Don Santiago, en aquella sencilla iglesia de piedra, donde nos reuníamos domingo a domingo la Asamblea de los creyentes en hermandad, me acompañó en el crecimiento en la fe y vida cristiana. De sus manos también recibí el Pan Bendito de la Eucaristía, me acompañó en el sacramento de la madurez cristiana: la Confirmación, que me consolidó en la fe con el Don y plenitud del Espíritu Santo y, más tarde, me impulsó al ministerio sacerdotal. Mi primera misa fue también en esa humilde iglesia de San Martín con mi padre, mi hermana María Dolores y mis hermanos Pedro e Irene, muchos otros familiares y la comunidad del pueblo, con alegría y acción de gracias. Hubo una ausencia significativa en esa mi primera Misa Eucaristía, no estaba ya Don Santiago, el Padre Dios, hacía ocho o diez años, lo había recogido en la comunidad de los salvados en el paraíso.

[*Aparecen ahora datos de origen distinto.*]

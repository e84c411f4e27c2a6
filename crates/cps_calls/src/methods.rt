//! `e.f(..)`: calls of methods.

ghost use Rattle.std.specs.Prelude.{◌≡◌, ◌<◌, ◌&&◌, nat_eq, ℕ, All, IfOk, None, length, true};
ghost use Rattle.std.specs.List.{AllByRecursion as AllAre};
ghost use Rattle.cell_heap.specs.Soundness.{ValueBelow};
ghost use Rattle.cps_code.specs.Script.{script_of};
ghost use Rattle.method_names.specs.Names.{seen as table_method};
ghost use Rattle.model_values.specs.Fitting.{CellsFit, There};
ghost use Rattle.model_values.specs.Kinds.{kind};
ghost use Rattle.model_values.specs.Limits.{product_limits};
ghost use Rattle.model_values.specs.MethodTable.{called_or_none, closure_call, own_call};
ghost use Rattle.model_syntax.specs.declared.node.NodeForm.{NodeForm as Form};
ghost use Rattle.model_values.specs.Methods.{is_walk, walk_call};
ghost use Rattle.model_run.specs.Calls.{call_method, walk_method, walks};
ghost use Rattle.model_run.specs.FrameTable.{is_method};
ghost use Rattle.model_run.specs.Fitting.{closure_rule};
ghost use Rattle.model_run.specs.Forms.{gathered};
ghost use Rattle.model_run.specs.Gathering.{is_call};
ghost use Rattle.model_run.specs.Nesting.{shape_at};
ghost use Rattle.model_run.specs.State.{seeing};
ghost use Rattle.model_run.specs.Terms.{nodes_of, term_at, form_of};
ghost use Rattle.model_run.specs.declared.ending.Entry.TheVariants.{First};
ghost use Rattle.text_methods.specs.Calls.{CallAnswers, CallLeaves, is_collection as is_collection_kind};
ghost use Rattle.value_view.specs.Seen.{seen};
ghost use Rattle.cps_frames.specs.Moves.{ComesTo};
ghost use Rattle.cps_frames.specs.Places.{MayEnter};
ghost use Rattle.cps_frames.specs.Standing.{standing, world_of};
ghost use Rattle.cps_frames.specs.declared.thread.ThreadState.{ThreadState as Thread};
ghost use Rattle.cps_calls.specs.Calls.{CallFits, IsCalled, called_closure, method_name};
ghost use Rattle.cps_calls.specs.Kinds.{is_null_kind, is_null_safe};

use crate::closures::closure_of;
use crate::effects::throw_with;
use crate::kept::split_first;
use crate::walks::{WalkAt, begin_turn};
use cps_code::Code;
use cps_frames::{Halt, Move, Shared, ThreadState, tick};
use list_methods::call as call_of_collection;
use method_names::Method;
use model_run::{Callee, Ending, Entry};
use model_syntax::{Access, NodeForm};
use model_values::{Env, Value, Values};
use std::alloc::AllocError;
use text_methods::call as call_of_single;
use value_ops::{Effect, bad_argument, no_method};
use value_view::{Kind, OpRefusal, kind_of};
use value_walks::Walk;

/// What a call of a method comes to that the value has not without a closure.
#[derive(Drop)]
pub(crate) enum ClosureCall {
    /// The closure that the value is.
    Calls(Callee),
    /// A walk over the value with the closure in this cell.
    Walks(Walk, u32),
    Throws(Effect),
}

/// `e.f(..)` behind its arguments, the value of `e` in front of them; `e?.f(..)` gives null on null.
pub fn method_step(
    state: &mut ThreadState,
    shared: &mut Shared,
    node: u32,
    env: Env,
    values: Values,
) -> Result<Move, Halt>
    requires may { MayEnter (standing shared.old state.old) First node env }
    requires form { is_method (shape_at (script_of shared.old.code) node).form ≡ true }
    requires values { AllAre (There shared.old.heap.cells) values }
    requires some { 0 < length values }
    ensures { (r : ℕ) → 0 < r → ComesTo node r (λ sh a. gathered a node env sh sh.form values) (standing shared.old state.old) result (standing shared.new state.new) }
{
    let Some((on, arguments)) = split_first(values) else {
        unreachable!()
    };
    if is_null_safe(&shared.code, node) && is_null(&kind_of(&shared.heap, &on)) {
        tick(shared)?;
        return Ok(Move::Ends(Ending::Normal(Value::Null)));
    }
    call_method(state, shared, node, env, on, arguments)
}

/// Whether a call of a method gives null on null.
fn is_null_safe(code: &Code, node: u32) -> bool
    requires { node < length (nodes_of (script_of code.now)) }
    ensures { result ≡ is_null_safe (form_of (term_at (script_of code.now) node)) }
{
    matches!(code.kind(node), NodeForm::Method(Access::NullSafe, _))
}

fn is_null(kind: &Kind<'_>) -> bool
    ensures { result ≡ is_null_kind (seen kind.now) }
{
    matches!(kind, Kind::Null)
}

/// The method of a node is called on a value with these arguments, which is counted.
pub(crate) fn call_method(
    state: &mut ThreadState,
    shared: &mut Shared,
    node: u32,
    env: Env,
    on: Value,
    arguments: Values,
) -> Result<Move, Halt>
    requires node { node < length (nodes_of (script_of shared.old.code)) }
    requires called { is_call (shape_at (script_of shared.old.code) node).form ≡ true }
    requires cells { CellsFit (closure_rule (script_of shared.old.code)) shared.old.heap.cells }
    requires on { ValueBelow (length shared.old.heap.cells) on }
    requires arguments { All (ValueBelow (length shared.old.heap.cells)) arguments }
    ensures { (r : ℕ) → 0 < r → ComesTo node r (λ sh a. seeing (call_method a node sh env (method_name sh.form) on arguments)) (standing shared.old state.old) result (standing shared.new state.new) }
{
    tick(shared)?;
    if let Some(value) = own_call(shared, node, &on, arguments.as_slice())? {
        return Ok(Move::Ends(Ending::Normal(value)));
    }
    match closure_call(shared, node, &on, arguments.as_slice())? {
        ClosureCall::Calls(callee) => {
            Ok(Move::Enter(Entry::Body(arguments), callee.node, callee.env))
        }
        ClosureCall::Walks(walk, closure) => {
            let closure = Value::Cell(closure);
            let at = 0;
            begin_turn(
                state,
                shared,
                WalkAt {
                    node,
                    env,
                    walk,
                    on,
                    closure,
                    at,
                },
            )
        }
        ClosureCall::Throws(effect) => Err(Halt::from(throw_with(shared, effect))),
    }
}

/// What a method gives that takes no closure, and `None` exactly where the value has none of this name with so many arguments.
fn own_call(
    shared: &mut Shared,
    node: u32,
    on: &Value,
    arguments: &[Value],
) -> Result<Option<Value>, OpRefusal>
    requires node { node < length (nodes_of (script_of shared.old.code)) }
    requires called { is_call (form_of (term_at (script_of shared.old.code) node)) ≡ true }
    requires on { ValueBelow (length shared.old.heap.cells) on.now }
    requires arguments { All (ValueBelow (length shared.old.heap.cells)) arguments.now }
    ensures answer { CallAnswers (own_call product_limits shared.old.heap.cells on.now (method_name (form_of (term_at (script_of shared.old.code) node))) arguments.now shared.old.count) shared.old.heap shared.new.heap shared.old.count shared.new.count result }
    ensures leaves { CallLeaves shared.old.heap shared.new.heap result }
    ensures rest { shared.new ≡ record shared.old { heap = shared.new.heap; count = shared.new.count } }
{
    let alloc = shared.alloc();
    let is_collection = is_collection(&kind_of(&shared.heap, on));
    let name = method_name(&shared.code, node);
    let heap = &mut shared.heap;
    let count = &mut shared.count;
    if is_collection {
        call_of_collection(alloc, heap, on, name, arguments, count)
    } else {
        call_of_single(alloc, heap, on, name, arguments, count)
    }
}

/// What a call of a method comes to that the value has not without a closure.
fn closure_call(
    shared: &Shared,
    node: u32,
    on: &Value,
    arguments: &[Value],
) -> Result<ClosureCall, AllocError>
    requires node { node < length (nodes_of (script_of shared.now.code)) }
    requires called { is_call (form_of (term_at (script_of shared.now.code) node)) ≡ true }
    requires on { ValueBelow (length shared.now.heap.cells) on.now }
    requires arguments { All (ValueBelow (length shared.now.heap.cells)) arguments.now }
    ensures called { (t : Thread) (n : ℕ) → IfOk result (IsCalled (world_of shared.now t) (form_of (term_at (script_of shared.now.code) node)) n (called_or_none product_limits shared.now.heap.cells None (closure_call product_limits shared.now.heap.cells on.now (method_name (form_of (term_at (script_of shared.now.code) node))) arguments.now n) (kind shared.now.heap.cells on.now) (method_name (form_of (term_at (script_of shared.now.code) node))) n)) }
    ensures fits { IfOk result (CallFits shared.now.heap.cells) }
{
    let kind = kind_of(&shared.heap, on);
    let name = method_name(&shared.code, node);
    let Some(method) = Method::named(name) else {
        let refusal = no_method(shared.alloc(), &kind, name)?;
        return Ok(ClosureCall::Throws(refusal));
    };
    if let Some(callee) = called_closure(shared, method, on)? {
        return Ok(ClosureCall::Calls(callee));
    }
    if is_walk_call(&kind, method, arguments) {
        return walk_with(shared, method, &arguments[0]);
    }
    let refusal = no_method(shared.alloc(), &kind, name)?;
    Ok(ClosureCall::Throws(refusal))
}

/// The closure that a value is, where the method is `call`.
fn called_closure(shared: &Shared, method: Method, on: &Value) -> Result<Option<Callee>, AllocError>
    requires { ValueBelow (length shared.now.heap.cells) on.now }
    ensures { (t : Thread) → IfOk result (λ callee. callee ≡ called_closure (table_method method) (world_of shared.now t) on.now) }
{
    match method {
        Method::Call => closure_of(shared, on),
        _ => Ok(None),
    }
}

/// Whether a method walks over a value of this kind with its one argument.
fn is_walk_call(kind: &Kind<'_>, method: Method, arguments: &[Value]) -> bool
    ensures { result ≡ (nat_eq (length arguments.now) 1 && is_walk (seen kind.now) (table_method method)) }
{
    arguments.len() == 1 && is_walk(kind, method)
}

/// A walk by a method with its argument, which has to be a closure.
fn walk_with(shared: &Shared, method: Method, closure: &Value) -> Result<ClosureCall, AllocError>
    requires closure { ValueBelow (length shared.now.heap.cells) closure.now }
    requires walks { walks (table_method method) ≡ true }
    ensures called { (t : Thread) (n : ℕ) (f : Form) → walk_method f ≡ table_method method → IfOk result (IsCalled (world_of shared.now t) f n (walk_call product_limits shared.now.heap.cells (table_method method) (kind shared.now.heap.cells closure.now) n)) }
    ensures fits { IfOk result (CallFits shared.now.heap.cells) }
{
    let alloc = shared.alloc();
    let Some(walk) = Walk::begun(alloc, method) else {
        unreachable!()
    };
    match kind_of(&shared.heap, closure) {
        Kind::Closure(cell) => Ok(ClosureCall::Walks(walk, cell)),
        _ => Ok(ClosureCall::Throws(bad_argument(alloc)?)),
    }
}

/// The name of the method that a node calls: a call of a name calls the method `call` of a variable's value.
fn method_name(code: &Code, node: u32) -> &[u8]
    requires node { node < length (nodes_of (script_of code.now)) }
    requires called { is_call (form_of (term_at (script_of code.now) node)) ≡ true }
    ensures { result.now ≡ method_name (form_of (term_at (script_of code.now) node)) }
{
    match code.kind(node) {
        NodeForm::Method(_, name) => name.as_slice(),
        NodeForm::Call(_) => b"call",
        _ => unreachable!(),
    }
}

/// Whether a value is a list or a map.
fn is_collection(kind: &Kind<'_>) -> bool
    ensures { result ≡ is_collection_kind (seen kind.now) }
{
    matches!(kind, Kind::List(_, _) | Kind::Map(_, _))
}

/// Whether a method walks over a value of this kind with a closure.
fn is_walk(kind: &Kind<'_>, method: Method) -> bool
    ensures { result ≡ is_walk (seen kind.now) (table_method method) }
{
    match kind {
        Kind::List(_, _) | Kind::Map(_, _) => matches!(
            method,
            Method::Each
                | Method::Collect
                | Method::Find
                | Method::FindAll
                | Method::Any
                | Method::Every
        ),
        Kind::Number(_) => method == Method::Times,
        _ => false,
    }
}
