//! Trials of agents files: tests alone. They stand above `agents_file`, so that it is proved once and not once more with its tests.
#![tactic(auto)]

#[cfg(test)]
mod agents; // agents_file
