//! Types whose spellings have a length that is told without spelling them.

ghost use Rattle.std.specs.Prelude.{◌≡◌};
ghost use Rattle.record_form.specs.Sizes.{size_in};

use field_form::Field;
use model_text::{Bytes, Text};

/// A type with a form of stored bytes, of which each value tells how many bytes its spelling has.
pub trait Measured: Field {
    /// How many bytes the spelling has, or `u64::MAX` where it has more. It takes no memory.
    fn size(&self) -> u64
        ensures { result ≡ size_in Self.form self.now };
}

impl Measured for u32 {
    fn size(&self) -> u64 {
        4
    }
}

impl Measured for u64 {
    fn size(&self) -> u64 {
        8
    }
}

impl Measured for i32 {
    fn size(&self) -> u64 {
        4
    }
}

impl Measured for bool {
    fn size(&self) -> u64 {
        1
    }
}

impl Measured for Text {
    fn size(&self) -> u64 {
        (self.len() as u64).saturating_add(4)
    }
}

impl Measured for Bytes {
    fn size(&self) -> u64 {
        (self.len() as u64).saturating_add(4)
    }
}

impl<T: Measured + Drop> Measured for Option<T> {
    fn size(&self) -> u64 {
        match self {
            None => 1,
            Some(item) => item.size().saturating_add(1),
        }
    }
}
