//! Lists: their number of items as a `u32`, and then the items.

ghost use Rattle.std.specs.Prelude.{◌≡◌, length};
ghost use Rattle.field_form.specs.Forms.{list_of};
ghost use Rattle.record_form.specs.Sizes.{size_in};

use crate::Measured;
use chain::Chain;
use field_form::{InAnyOrder, Listing};
use model_text::Sequence;

/// How the items of a list are written, each behind those before it, where each item tells how many bytes it takes.
pub trait Sizing<T>: Listing<T> {
    /// How many bytes the spelling of the item has behind those before it, or `u64::MAX` where it has more. It takes
    /// no memory.
    fn size(before: &[T], item: &T) -> u64
        ensures { result ≡ size_in (Self.behind before.now) item.now };
}

impl<T: Measured> Sizing<T> for InAnyOrder {
    fn size(_before: &[T], item: &T) -> u64 {
        item.size()
    }
}

/// How many bytes the spelling of the list has, its number of items and the items, or `u64::MAX` where it has more.
/// It takes no memory.
pub fn list_size<T, L: Sizing<T>>(list: &Sequence<T>) -> u64
    ensures { result ≡ size_in (list_of L.behind) list.now }
{
    let items = list.as_slice();
    let mut size = 4u64;
    for (place, item) in items.iter().enumerate() {
        size = size.saturating_add(L::size(&items[..place], item));
    }
    size
}

impl<T: Measured + Drop> Measured for Sequence<T> {
    fn size(&self) -> u64 {
        list_size::<T, InAnyOrder>(self)
    }
}

impl<T: Measured + Drop> Measured for Chain<T> {
    fn size(&self) -> u64 {
        let mut size = 4u64;
        let mut rest = self;
        while let Some((item, behind)) = rest.split() {
            size = size.saturating_add(item.size());
            rest = behind;
        }
        size
    }
}
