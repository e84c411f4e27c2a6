//! What threads wait for, and their contexts.

ghost use Rattle.std.specs.Prelude.{◌≡◌};
ghost use Rattle.field_form.specs.Waits.{end_form};
ghost use Rattle.record_form.specs.Sizes.{size_in};

use crate::Measured;
use model_run::{Context, Join, JoinEnd, Wait};

impl Measured for Join {
    fn size(&self) -> u64 {
        self.name
            .size()
            .saturating_add(end_size(&self.ended))
            .saturating_add(4)
    }
}

fn end_size(end: &Option<JoinEnd>) -> u64
    ensures { result ≡ size_in end_form end.now }
{
    match end {
        None => 2,
        Some(end) => end.outcome.size().saturating_add(10),
    }
}

impl Measured for Wait {
    fn size(&self) -> u64 {
        match self {
            Wait::Ready(_) | Wait::Request(_) => 5,
            Wait::Branches(joins) => joins.size().saturating_add(1),
        }
    }
}

impl Measured for Context {
    fn size(&self) -> u64 {
        self.held
            .size()
            .saturating_add(self.folders.size())
            .saturating_add(self.env.size())
    }
}
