//! The sites and the first faults that `agents_file` tells of whole files.

use agents_file::{AgentsRefusal, FILE_LIMIT, read_agents};
use model_run::{AgentsKind, Executor};
use model_text::Text;
use std::alloc::{AllocError, Global};
use std::test::Fail;

/// Whether a file has a site with this job, so many looks and so many executors.
fn is_site(alloc: Global, file: &[u8], job: &str, looks: u32, executors: usize) -> bool {
    match read_agents(alloc, file) {
        Ok(site) => site.job.as_slice() == job.as_bytes()
            && site.looks == looks
            && site.executors.len() == executors,
        Err(_) => false,
    }
}

/// Whether this is the first fault of a file.
fn is_fault(alloc: Global, file: &[u8], path: &str, kind: AgentsKind) -> bool {
    match read_agents(alloc, file) {
        Err(
            AgentsRefusal::Fault {
                path: told,
                kind: as_kind,
            },
        ) => told.as_slice() == path.as_bytes() && as_kind == kind,
        _ => false,
    }
}

fn has_labels(labels: &[Text], wanted: &[&str]) -> bool {
    for (label, wanted) in labels.iter().zip(wanted) {
        if label.as_slice() != wanted.as_bytes() {
            return false;
        }
    }
    labels.len() == wanted.len()
}

fn is_executor(
    executor: &Executor,
    number: u32,
    agent: &str,
    slot: u32,
    root: &str,
    labels: &[&str],
) -> bool {
    executor.number == number
        && executor.agent.as_slice() == agent.as_bytes()
        && executor.slot == slot
        && executor.root.as_slice() == root.as_bytes()
        && has_labels(executor.labels.as_slice(), labels)
}

const ONE_AGENT: &str = r#"{"job":"demo","agents":[{"name":"m","root":"/w","executors":1}]}"#;

const TWO_AGENTS: &str =
    r#" { "looks" : 5, "agents" : [ {"name":"a","root":"/srv/a","labels":["linux","linux"],"executors":2},
 {"executors":1,"name":"b","root":"/srv/b"} ], "job":"x.y" }
"#;

fn are_of_one_agent(executors: &[Executor]) -> bool {
    match executors {
        [only] => is_executor(only, 0, "m", 0, "/w", &[]),
        _ => false,
    }
}

fn are_of_two_agents(executors: &[Executor]) -> bool {
    match executors {
        [first, second, third] => is_executor(first, 0, "a", 0, "/srv/a", &["linux", "linux"])
            && is_executor(second, 1, "a", 1, "/srv/a", &["linux", "linux"])
            && is_executor(third, 2, "b", 0, "/srv/b", &[]),
        _ => false,
    }
}

/// A file, the job, the looks and how many executors there are.
const SITES: [(&str, &str, u32, usize); 6] = [
    (ONE_AGENT, "demo", 100000, 1),
    (TWO_AGENTS, "x.y", 5, 3),
    (r#"{"job":"demo","agents":[]}"#, "demo", 100000, 0),
    (r#"{"job":1,"job":"a","agents":[]}"#, "a", 100000, 0),
    (r#"{"j\u006fb":"a","agents":[]}"#, "a", 100000, 0),
    (
        r#"{"job":1,"j\u006fb":"\u0061","agents":[]}"#,
        "a",
        100000,
        0,
    ),
];

/// A file, and the path and the kind of its first fault.
const FAULTS: [(&str, &str, AgentsKind); 15] = [
    ("", ".", AgentsKind::NotJson),
    ("{} x", ".", AgentsKind::NotJson),
    (r#"{"job":"a",}"#, ".", AgentsKind::NotJson),
    (r#"{"job":"\ud800"}"#, ".", AgentsKind::NotJson),
    (r#"{"looks":1e999}"#, ".", AgentsKind::NotJson),
    ("[]", ".", AgentsKind::WrongType),
    (r#"{"job":"demo"}"#, "agents", AgentsKind::Missing),
    (
        r#"{"agents":1,"looks":0,"x":1}"#,
        "job",
        AgentsKind::Missing,
    ),
    (r#"{"job":"a b","looks":0}"#, "job", AgentsKind::WrongValue),
    (r#"{"job":"a","looks":5.0}"#, "looks", AgentsKind::WrongType),
    (r#"{"job":"a","looks":-1}"#, "looks", AgentsKind::WrongValue),
    (
        r#"{"job":"a","looks":1000001,"agents":[]}"#,
        "looks",
        AgentsKind::WrongValue,
    ),
    (
        r#"{"job":"a","looks":null,"agents":[]}"#,
        "looks",
        AgentsKind::WrongType,
    ),
    (
        r#"{"job":"a","agents":{},"x":1}"#,
        "agents",
        AgentsKind::WrongType,
    ),
    (
        r#"{"x":1,"job":"a","a.b":2,"agents":[{"name":"m","root":"/w","executors":1,"A":1}]}"#,
        "a.b",
        AgentsKind::UnknownKey,
    ),
];

/// The same, where the first fault is of an agent, or of all together.
const AGENT_FAULTS: [(&str, &str, AgentsKind); 16] = [
    (
        r#"{"job":"a","agents":[7]}"#,
        "agents[0]",
        AgentsKind::WrongType,
    ),
    (
        r#"{"job":"a","agents":[{"x":1}]}"#,
        "agents[0].name",
        AgentsKind::Missing,
    ),
    (
        r#"{"job":"a","agents":[{"name":"","root":1}]}"#,
        "agents[0].name",
        AgentsKind::WrongValue,
    ),
    (
        r#"{"job":"a","agents":[{"name":"m","root":"/w/"}]}"#,
        "agents[0].root",
        AgentsKind::WrongValue,
    ),
    (
        r#"{"job":"a","agents":[{"name":"m","root":"/w\u0085"}]}"#,
        "agents[0].root",
        AgentsKind::WrongValue,
    ),
    (
        r#"{"job":"a","agents":[{"name":"m","root":"/w","labels":{}}]}"#,
        "agents[0].labels",
        AgentsKind::WrongType,
    ),
    (
        r#"{"job":"a","agents":[{"name":"m","root":"/w","labels":["x","y z"]}]}"#,
        "agents[0].labels[1]",
        AgentsKind::WrongValue,
    ),
    (
        r#"{"job":"a","agents":[{"name":"m","root":"/w","labels":["x",7]}]}"#,
        "agents[0].labels[1]",
        AgentsKind::WrongType,
    ),
    (
        r#"{"job":"a","agents":[{"name":"m","root":"/w"}]}"#,
        "agents[0].executors",
        AgentsKind::Missing,
    ),
    (
        r#"{"job":"a","agents":[{"name":"m","root":"/w","executors":0}]}"#,
        "agents[0].executors",
        AgentsKind::WrongValue,
    ),
    (
        r#"{"job":"a","agents":[{"name":"m","root":"/w","executors":65}]}"#,
        "agents[0].executors",
        AgentsKind::WrongValue,
    ),
    (
        r#"{"job":"a","agents":[{"name":"m","root":"/w","executors":1.5}]}"#,
        "agents[0].executors",
        AgentsKind::WrongType,
    ),
    (
        r#"{"job":"a","agents":[{"name":"m","root":"/w","executors":1,"b":1,"a":1}]}"#,
        "agents[0].a",
        AgentsKind::UnknownKey,
    ),
    (
        r#"{"job":"a","agents":[{"name":"m","root":"/w","executors":1,"b":1},{"name":"m","root":"w","executors":1}]}"#,
        "agents[1].root",
        AgentsKind::WrongValue,
    ),
    (
        r#"{"job":"a","agents":[{"name":"m","root":"/w","executors":64},{"name":"m","root":"/w","executors":1}]}"#,
        "agents[1].name",
        AgentsKind::DuplicateName,
    ),
    (
        r#"{"job":"a","agents":[{"name":"m","root":"/w","executors":64},{"name":"n","root":"/w","executors":1}]}"#,
        "agents",
        AgentsKind::TooManyExecutors,
    ),
];

#[test]
fn sites_of_files(rt: HostRuntime) -> Result<(), Fail> {
    for (file, job, looks, executors) in SITES {
        assert!(rt;
            is_site(rt.alloc(), file.as_bytes(), job, looks, executors),
            "{file}"
        );
    }
    let site = read_agents(rt.alloc(), ONE_AGENT.as_bytes())?;
    assert!(rt; are_of_one_agent(site.executors.as_slice()));
    let site = read_agents(rt.alloc(), TWO_AGENTS.as_bytes())?;
    assert!(rt; are_of_two_agents(site.executors.as_slice()));
    Ok(())
}

#[test]
fn first_faults_of_files(rt: HostRuntime) -> Result<(), Fail> {
    for (file, path, kind) in FAULTS {
        assert!(rt; is_fault(rt.alloc(), file.as_bytes(), path, kind), "{file}");
    }
    for (file, path, kind) in AGENT_FAULTS {
        assert!(rt; is_fault(rt.alloc(), file.as_bytes(), path, kind), "{file}");
    }
    assert!(rt; is_fault(rt.alloc(), b"\"\xff\"", ".", AgentsKind::NotJson));
    Ok(())
}

/// So many copies of a byte, a text, and so many copies of another byte.
fn between(
    alloc: Global,
    before: (u8, usize),
    text: &[u8],
    behind: (u8, usize),
) -> Result<Vec<u8>, AllocError> {
    let mut file = Vec::from_elem(alloc, before.0, before.1)?;
    file.extend_from_slice(text)?;
    for _ in 0..behind.1 {
        file.push(behind.0)?;
    }
    Ok(file)
}

#[test]
fn a_file_that_nests_too_deep_is_no_json(rt: HostRuntime) -> Result<(), Fail> {
    for (depth, kind) in [(127, AgentsKind::WrongType), (128, AgentsKind::NotJson)] {
        let file = between(rt.alloc(), (b'[', depth), b"", (b']', depth))?;
        assert!(rt; is_fault(rt.alloc(), file.as_slice(), ".", kind), "{depth}");
    }
    Ok(())
}

#[test]
fn a_file_may_have_65536_bytes(rt: HostRuntime) -> Result<(), Fail> {
    let text = br#"{"job":"a","agents":[]}"#;
    let blanks = FILE_LIMIT - text.len();
    let file = between(rt.alloc(), (b' ', blanks), text, (b' ', 0))?;
    assert!(rt; is_site(rt.alloc(), file.as_slice(), "a", 100000, 0));
    let file = between(rt.alloc(), (b' ', blanks), text, (b' ', 1))?;
    assert!(rt; is_fault(rt.alloc(), file.as_slice(), ".", AgentsKind::TooLong));
    let file = between(rt.alloc(), (b'x', FILE_LIMIT), b"x", (b' ', 0))?;
    assert!(rt; is_fault(rt.alloc(), file.as_slice(), ".", AgentsKind::TooLong));
    Ok(())
}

Al hacer esta remembranza de mi caminar espiritual cristiano, mi memoria actualizó el diálogo que sostuvo el Maestro Jesús con una mujer de Samaria, junto al pozo de Jacob en un día caluroso y sediento caminar. En la conversación entrambos, se habló del templo de Jerusalén, judío, en oposición y al templo del monte Guerizim, samaritano. Contradicción que Jesús resolvió con la siguiente expresión: “Llega la hora, y ya estamos en ella, en que los verdaderos adoradores adorarán al Padre en Espíritu y en verdad. Porque ésos son los adoradores que busca el Padre” (Jn 4,23). Considero, que la iglesia de mi pueblo fue el espacio de espíritu y verdad del que habló Jesús a la samaritana. Allí, con actitud fraterna de hijos de Dios, adorábamos al Padre en espíritu y verdad; éramos una pequeña y viva comunidad, familia en el espíritu de Jesús,

Esta reflexión que comparto, me la inspiró la lectura y meditación que hice este domingo al amanecer, preparando mi encuentro con la asamblea dominical en la Iglesia de Santo Domingo, en la que proclamé el pasaje del Evangelio de Juan, que habla de la expulsión de vendedores de animalitos de toda especie del templo y de la volcadura de las mesas de los cambistas, negocio de cambio de moneda extranjera, impura, por la moneda, pura, del templo. Otro tanto hizo con los que vendían palomas, movido “por el celo por la casa de su Padre, diciendo: “Quiten todo esto de aquí y no conviertan en un mercado la casa de mi Padre” (Jn 2, 13-17).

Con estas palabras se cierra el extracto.